Free 312-50 Exam Dumps

Question 11

- (Topic 6)
Which definition below best describes a covert channel?

A. Making use of a Protocol in a way it was not intended to be used
B. It is the multiplexing taking place on communication link
C. It is one of the weak channels used by WEP that makes it insecure
D. A Server Program using a port that is not well known

Correct Answer:A
A covert channel is a hidden communication channel not intended for information transfer at all. Redundancy can often be used to communicate in a covert way. There are several ways that hidden communication can be set up.

Question 12

- (Topic 23)
What techniques would you use to evade IDS during a Port Scan? (Select 4 answers)

A. Use fragmented IP packets
B. Spoof your IP address when launching attacks and sniff responses from the server
C. Overload the IDS with Junk traffic to mask your scan
D. Use source routing (if possible)
E. Connect to proxy servers or compromised Trojaned machines to launch attacks

Correct Answer:ABDE

Question 13

- (Topic 9)
Why is Social Engineering considered attractive by hackers and also adopted by experts in the field?
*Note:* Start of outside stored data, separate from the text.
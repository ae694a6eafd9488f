//! What a finally goes on with at its end.

ghost use Rattle.std.specs.Prelude.{◌≡◌};
ghost use Rattle.frame_moves.specs.vm_frames.declared.slot.Slot.TheVariants as slots;
ghost use Rattle.frame_exits.specs.Causes.{KeepsCause, IsCause, cause_slot};

use arena_heap::{ExcNo, Value};
use frame_moves::Slot;

/// What a finally goes on with at its end.
#[derive(Clone, Copy, Debug, PartialEq, Eq)]
pub enum Cause {
    /// The next instruction.
    Nothing,
    Exception(ExcNo),
    Return(Value),
    /// A jump to an offset, which leaves a count of entries, and takes an iterator or not.
    Jump {
        target: u32,
        entries: u8,
        iterator: bool,
    },
}

/// The cause that a value keeps.
fn cause_in(v: Value) -> Cause
    requires { IsCause v }
    ensures { slots.Value v ≡ cause_slot result }
{
    match v {
        Value::None => Cause::Nothing,
        Value::Exc(x) => Cause::Exception(x),
        Value::Bool(_)
        | Value::Int(_)
        | Value::Str(_)
        | Value::Fixed(_)
        | Value::Empty
        | Value::List(_)
        | Value::Dict(_)
        | Value::Tuple(_)
        | Value::Text(_)
        | Value::Fun(_)
        | Value::Method(_)
        | Value::Range(_)
        | Value::Module(_)
        | Value::Built(_) => unreachable!(),
    }
}

/// The cause that a slot keeps.
pub(crate) fn cause_of(slot: Slot) -> Cause
    requires { KeepsCause slot }
    ensures { slot ≡ cause_slot result }
{
    match slot {
        Slot::Value(v) => cause_in(v),
        Slot::Return(v) => Cause::Return(v),
        Slot::Jump {
            target,
            entries,
            iterator,
        } => Cause::Jump {
            target,
            entries,
            iterator,
        },
        Slot::Null | Slot::Object(_) | Slot::Iter { .. } => unreachable!(),
    }
}
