//! What an import comes to.

ghost use Rattle.std.specs.Prelude.{◌≡◌, ◌≤◌, length, IsSome, nat_lt};
ghost use Rattle.mpy_base.specs.declared.limits.TheConstants.{MAX_CALLS as LIMIT};
ghost use Rattle.mpy_base.specs.Val.{PlainWorld};
ghost use Rattle.frame_moves.specs.arena_heap.declared.value.StrNo.TheVariants as strs;
ghost use Rattle.frame_moves.specs.arena_heap.declared.value.Value.{Value as Item};
ghost use Rattle.frame_moves.specs.prim_walks.Plain.{plain};
ghost use Rattle.prim_modules.specs.Registry.{plain_modules};
ghost use Rattle.frame_moves.specs.py_effects.Modules.{module_named};
ghost use Rattle.frame_moves.specs.prim_faults.Sights.{under, sight};
ghost use Rattle.frame_exits.specs.declared.importing.Import.TheVariants as imports;
ghost use Rattle.frame_exits.specs.Importing.{AreOperands, IsImport, IsBeginning, IsModule, given_name};

use crate::operands::{is_zero, value_at};
use crate::prefixes::{first_absent, first_len};
use arena_heap::{Constants, StrNo, Value};
use bc_library::{Library, Member};
use frame_moves::Frames;
use mpy_base::Builtin;
use mpy_base::limits::MAX_CALLS;
use prim_modules::Modules;

/// Why an import fails before a module begins.
#[derive(Clone, Copy, Debug, PartialEq, Eq)]
pub enum Refusal {
    /// Its level isn't 0.
    Relative,
    /// The library has no module whose name is these first bytes of the imported one.
    Missing { len: u32 },
    /// The file of the module was refused.
    Incompatible,
    TooDeep,
}

/// What an import comes to.
#[derive(Clone, Copy, Debug, PartialEq, Eq)]
pub enum Import {
    /// It gives this value: a module, or `port`.
    Put(Value),
    /// The module of this number begins first.
    Begin(u32),
    Stops(Refusal),
}

/// The bytes of a text.
fn text_of<C: Constants>(consts: &C, name: u32) -> &[u8]
    requires { IsSome (C.text_of consts.now (strs.Pool name)) }
    ensures bytes { result.now ≡ (sight C.Constants consts.now).name name }
    ensures few { length result.now ≤ 2147483647 }
{
    match consts.text(StrNo::Pool(name)) {
        Some(text) => text,
        None => unreachable!(),
    }
}

/// The registered module of this name, and else `port`.
fn module_of<C: Constants>(consts: &C, modules: &Modules, name: &[u8]) -> Value
    ensures named { (w : PlainWorld)
        → under C.Constants consts.now plain result
        ≡ module_named (record w { modules = under C.Constants consts.now plain_modules modules.now }) name.now }
    ensures is { IsModule result }
{
    match modules.registered_as(consts, name) {
        Some(m) => Value::Module(m),
        None => Value::Built(Builtin::Port),
    }
}

/// The module that is wanted, all prefixes of whose name are there.
fn wanted<C: Constants>(consts: &C, modules: &Modules, from: Value, text: &[u8]) -> Value
    ensures named { let see = sight C.Constants consts.now in (w : PlainWorld)
        → see.value result ≡ module_named (record w { modules = plain_modules see.texts see.tuples modules.now })
        (given_name (see.value from) text.now) }
    ensures is { IsModule result }
{
    match from {
        Value::None => module_of(consts, modules, &text[..first_len(text)]),
        _ => module_of(consts, modules, text),
    }
}

/// What it comes to that a module of this name is to begin, which is these first bytes of the imported one.
fn beginning(frames: &Frames, library: &Library, prefix: &[u8]) -> Import
    requires { length prefix.now ≤ 2147483647 }
    ensures { IsBeginning library.now (nat_lt (length frames.now.calls) LIMIT) (length prefix.now) prefix.now result }
{
    let deep = (frames.depth() as usize) < MAX_CALLS;
    match library.find(prefix) {
        None => Import::Stops(Refusal::Missing {
            len: prefix.len() as u32,
        }),
        Some(Member::Refused) => Import::Stops(Refusal::Incompatible),
        Some(Member::Module(number)) => {
            if deep {
                Import::Begin(number)
            } else {
                Import::Stops(Refusal::TooDeep)
            }
        }
    }
}

/// IMPORT_NAME: what the import of the name comes to. It looks each prefix of the name up among the registered modules and in
/// the library.
pub fn import_name<C: Constants>(
    frames: &Frames,
    consts: &C,
    modules: &Modules,
    library: &Library,
    name: u32,
) -> Import
    requires operands { (from : Item) × (level : Item) × AreOperands from level frames.now.calls }
    requires name { IsSome (C.text_of consts.now (strs.Pool name)) }
    ensures comes { let see = sight C.Constants consts.now in (from level : Item) (w : PlainWorld)
        → AreOperands from level frames.now.calls
        → IsImport see.texts see.tuples library.now (record w { modules = plain_modules see.texts see.tuples modules.now })
        (nat_lt (length frames.now.calls) LIMIT) (see.name name) from level result }
    ensures given { (v : Item) → result ≡ imports.Put v → IsModule v }
{
    let from = value_at(frames, 0);
    let level = value_at(frames, 1);
    let text = text_of(consts, name);
    if !is_zero(level) {
        return Import::Stops(Refusal::Relative);
    }
    match first_absent(consts, modules, text) {
        None => Import::Put(wanted(consts, modules, from, text)),
        Some(len) => beginning(frames, library, &text[..len]),
    }
}
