//! The numbers among the named words, and the options that were given.

ghost use Rattle.std.specs.Prelude.{◌≡◌, ◌<◌, ℕ, IfSome};
ghost use Rattle.mpy_words.specs.Given as spec;
ghost use Rattle.mpy_words.specs.Given.{IsBounded};

use crate::number::number;
use crate::order::{Command, Named, Order, Setting};

/// The greatest level of optimization.
const MAX_LEVEL: u64 = 3;

/// The greatest room of an arena, and the room of a run that gives none.
pub const MAX_CELLS: u64 = 4_194_304;

/// The greatest bytes of its texts.
pub const MAX_BYTES: u64 = 16_777_216;

const DEFAULT_CELLS: u32 = 65_536;

const DEFAULT_BYTES: u32 = 262_144;

/// The greatest count of steps, and that of a run that gives none.
pub const MAX_STEPS: u64 = 1_000_000_000_000;

const DEFAULT_STEPS: u64 = 10_000_000;

const MAX_SEED: u64 = 4_294_967_295;

/// The greatest count of assignments of a made source.
pub const MAX_COUNT: u64 = 20_000;

/// The numbers that were named, and the values of the options that were given: numbers, and the places of words.
#[derive(Clone, Copy, Debug, PartialEq, Eq)]
pub struct Given {
    pub seed: Option<u32>,
    pub count: Option<u32>,
    pub level: Option<u8>,
    pub stored_name: Option<usize>,
    pub main_name: Option<usize>,
    pub base: Option<usize>,
    pub save: Option<usize>,
    pub cells: Option<u32>,
    pub bytes: Option<u32>,
    pub steps: Option<u64>,
}

impl Given {
    /// No number and no option.
    pub(crate) fn none() -> Given
        ensures { result ≡ spec.none_given }
    {
        Given {
            seed: None,
            count: None,
            level: None,
            stored_name: None,
            main_name: None,
            base: None,
            save: None,
            cells: None,
            bytes: None,
            steps: None,
        }
    }

    /// Was this option given?
    pub(crate) fn has(self, setting: Setting) -> bool
        ensures { result ≡ spec.is_given self setting }
    {
        match setting {
            Setting::Level => self.level.is_some(),
            Setting::StoredName => self.stored_name.is_some(),
            Setting::MainName => self.main_name.is_some(),
            Setting::Base => self.base.is_some(),
            Setting::Save => self.save.is_some(),
            Setting::Cells => self.cells.is_some(),
            Setting::Bytes => self.bytes.is_some(),
            Setting::Steps => self.steps.is_some(),
        }
    }

    /// What is given with one more of the named words; none where that is no number and is to be one.
    pub(crate) fn with_name(self, named: Named, word: &[u8]) -> Option<Given>
        ensures numbers { result ≡ spec.with_name self named word.now }
        ensures bounded { (count : ℕ) → IsBounded count self → IfSome result (IsBounded count) }
    {
        match named {
            Named::Source | Named::File | Named::Input | Named::Output => Some(self),
            Named::Manifest | Named::Image | Named::Plan | Named::Snapshot => Some(self),
            Named::Seed => match number(MAX_SEED, word) {
                Some(seed) => Some(Given {
                    seed: Some(seed as u32),
                    ..self
                }),
                None => None,
            },
            Named::Count => match number(MAX_COUNT, word) {
                Some(count) => Some(Given {
                    count: Some(count as u32),
                    ..self
                }),
                None => None,
            },
        }
    }

    /// The options with one more, whose value is the word at this place; none where that is no number that it takes.
    pub(crate) fn with(self, setting: Setting, at: usize, word: &[u8]) -> Option<Given>
        ensures options { result ≡ spec.with_option self setting at word.now }
        ensures bounded { (count : ℕ) → IsBounded count self → at < count → IfSome result (IsBounded count) }
    {
        match setting {
            Setting::Level => match number(MAX_LEVEL, word) {
                Some(level) => Some(Given {
                    level: Some(level as u8),
                    ..self
                }),
                None => None,
            },
            Setting::StoredName => Some(Given {
                stored_name: Some(at),
                ..self
            }),
            Setting::MainName => Some(Given {
                main_name: Some(at),
                ..self
            }),
            Setting::Base => Some(Given {
                base: Some(at),
                ..self
            }),
            Setting::Save => Some(Given {
                save: Some(at),
                ..self
            }),
            Setting::Cells => match number(MAX_CELLS, word) {
                Some(cells) => Some(Given {
                    cells: Some(cells as u32),
                    ..self
                }),
                None => None,
            },
            Setting::Bytes => match number(MAX_BYTES, word) {
                Some(bytes) => Some(Given {
                    bytes: Some(bytes as u32),
                    ..self
                }),
                None => None,
            },
            Setting::Steps => match number(MAX_STEPS, word) {
                Some(steps) => Some(Given {
                    steps: Some(steps),
                    ..self
                }),
                None => None,
            },
        }
    }

    /// What these options order of a command.
    pub(crate) fn order(self, command: Command) -> Order
        ensures { result ≡ spec.order_with command self }
    {
        Order {
            command,
            seed: self.seed.unwrap_or(0),
            count: self.count.unwrap_or(0),
            level: self.level.unwrap_or(0),
            stored_name: self.stored_name,
            main_name: self.main_name,
            base: self.base,
            save: self.save,
            cells: self.cells.unwrap_or(DEFAULT_CELLS),
            bytes: self.bytes.unwrap_or(DEFAULT_BYTES),
            steps: self.steps.unwrap_or(DEFAULT_STEPS),
        }
    }
}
A. It is done by well known hackers and in movies as well.
B. It does not require a computer in order to commit a crime.
C. It is easy and extremely effective to gain information.
D. It is not considered illegal.

Correct Answer:C
Social engineering is a collection of techniques used to manipulate people into performing actions or divulging confidential information. While similar to a confidence trick or simple fraud, the term typically applies to trickery for information gathering or computer system access and in most (but not all) cases the attacker never comes face-to- face with the victim. The term has been popularized in recent years by well known (reformed) computer criminal and security consultant Kevin Mitnick who points out that it's much easier to trick someone into giving you his or her password for a system than to spend the effort to hack in. He claims it to be the single most effective method in his arsenal.

Question 14

- (Topic 3)
The following excerpt is taken from a honeyput log. The log captures activities across three days. There are several intrusion attempts; however, a few are successful. Study the log given below and answer the following question:
(Note: The objective of this questions is to test whether the student has learnt about passive OS fingerprinting (which should tell them the OS from log captures): can they tell a SQL injection attack signature; can they infer if a user ID has been created by an attacker and whether they can read plain source – destination entries from log entries.)
312-50 dumps exhibit
What can you infer from the above log?

A. The system is a windows system which is being scanned unsuccessfully.
B. The system is a web application server compromised through SQL injection.
C. The system has been compromised and backdoored by the attacker.
D. The actual IP of the successful attacker is 24.9.255.53.

Correct Answer:A

Question 15

- (Topic 3)
You ping a target IP to check if the host is up. You do not get a response. You suspect ICMP is blocked at the firewall. Next you use hping2 tool to ping the target host and you get a response. Why does the host respond to hping2 and not ping packet?
[ceh]# ping 10.2.3.4
PING 10.2.3.4 (10.2.3.4) from 10.2.3.80 : 56(84) bytes of data.
--- 10.2.3.4 ping statistics ---
3 packets transmitted, 0 packets received, 100% packet loss
[ceh]# ./hping2 -c 4 -n -i 2 10.2.3.4
HPING 10.2.3.4 (eth0 10.2.3.4): NO FLAGS are set, 40 headers + 0 data bytes
len=46 ip=10.2.3.4 flags=RA seq=0 ttl=128 id=54167 win=0 rtt=0.8 ms len=46 ip=10.2.3.4 flags=RA seq=1 ttl=128 id=54935 win=0 rtt=0.7 ms len=46 ip=10.2.3.4 flags=RA seq=2 ttl=128 id=55447 win=0 rtt=0.7 ms len=46 ip=10.2.3.4 flags=RA seq=3 ttl=128 id=55959 win=0 rtt=0.7 ms
--- 10.2.3.4 hping statistic ---
4 packets tramitted, 4 packets received, 0% packet loss round-trip min/avg/max = 0.7/0.8/0.8 ms

A. ping packets cannot bypass firewalls
B. you must use ping 10.2.3.4 switch
C. hping2 uses TCP instead of ICMP by default
D. hping2 uses stealth TCP packets to connect

Correct Answer:C
Default protocol is TCP, by default hping2 will send tcp headers to target host's port 0 with a winsize of 64 without any tcp flag on. Often this is the best way to do an 'hide ping', useful when target is behind a firewall that drop ICMP. Moreover a tcp null-flag to port 0 has a good probability of not being logged.